Endoglin (CD105) contributes to platinum resistance and is a target for tumor-specific therapy in epithelial ovarian cancer

Purpose: Endoglin (CD105) is a membranous protein overexpressed in tumor-associated endothelial cells, chemoresistant populations of ovarian cancer cells, and potentially stem cells. Our objective was to evaluate the effects and mechanisms of targeting endoglin in ovarian cancer. Experimental Design: Global and membranous endoglin expression was evaluated in multiple ovarian cancer lines. In vitro, the effects of siRNA-mediated endoglin knockdown with and without chemotherapy were evaluated by MTT assay, cell-cycle analysis, alkaline comet assay, γ-H2AX foci formation, and quantitative PCR. In an orthotopic mouse model, endoglin was targeted with chitosan-encapsulated siRNA with and without carboplatin. Results: Endoglin expression was surprisingly predominantly cytoplasmic, with a small population of surface-positive cells. Endoglin inhibition decreased cell viability, increased apoptosis, induced double-stranded DNA damage, and increased cisplatin sensitivity.
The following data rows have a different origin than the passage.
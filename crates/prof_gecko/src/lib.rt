//! Gecko profiles, as Firefox itself writes them.
#![tactic(auto)]

mod check;
mod columns;
mod derived;
mod gathered;
mod process;
mod profile;
mod shared;
mod shift;
mod thread;
mod work;

pub use gathered::{GeckoProcess, GeckoProfile, GeckoTable, GeckoThread, TableFault};
pub use prof_gecko_names::Lib;
pub use prof_location::{Location, classify};
pub use profile::convert;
Targeting endoglin downregulates expression of numerous DNA repair genes, including BARD1, H2AFX, NBN, NTHL1, and SIRT1. BARD1 was also associated with platinum resistance, and was induced by platinum exposure. In vivo, antiendoglin treatment decreased tumor weight in both ES2 and HeyA8MDR models when compared with control (35%-41% reduction, P < 0.05). Endoglin inhibition with carboplatin was associated with even greater inhibitory effect when compared with control (58%-62% reduction, P < 0.001). Conclusions: Endoglin downregulation promotes apoptosis, induces significant DNA damage through modulation of numerous DNA repair genes, and improves platinum sensitivity both in vivo and in vitro. Antiendoglin therapy would allow dual treatment of both tumor angiogenesis and a subset of aggressive tumor cells expressing endoglin and is being actively pursued as therapy in ovarian cancer.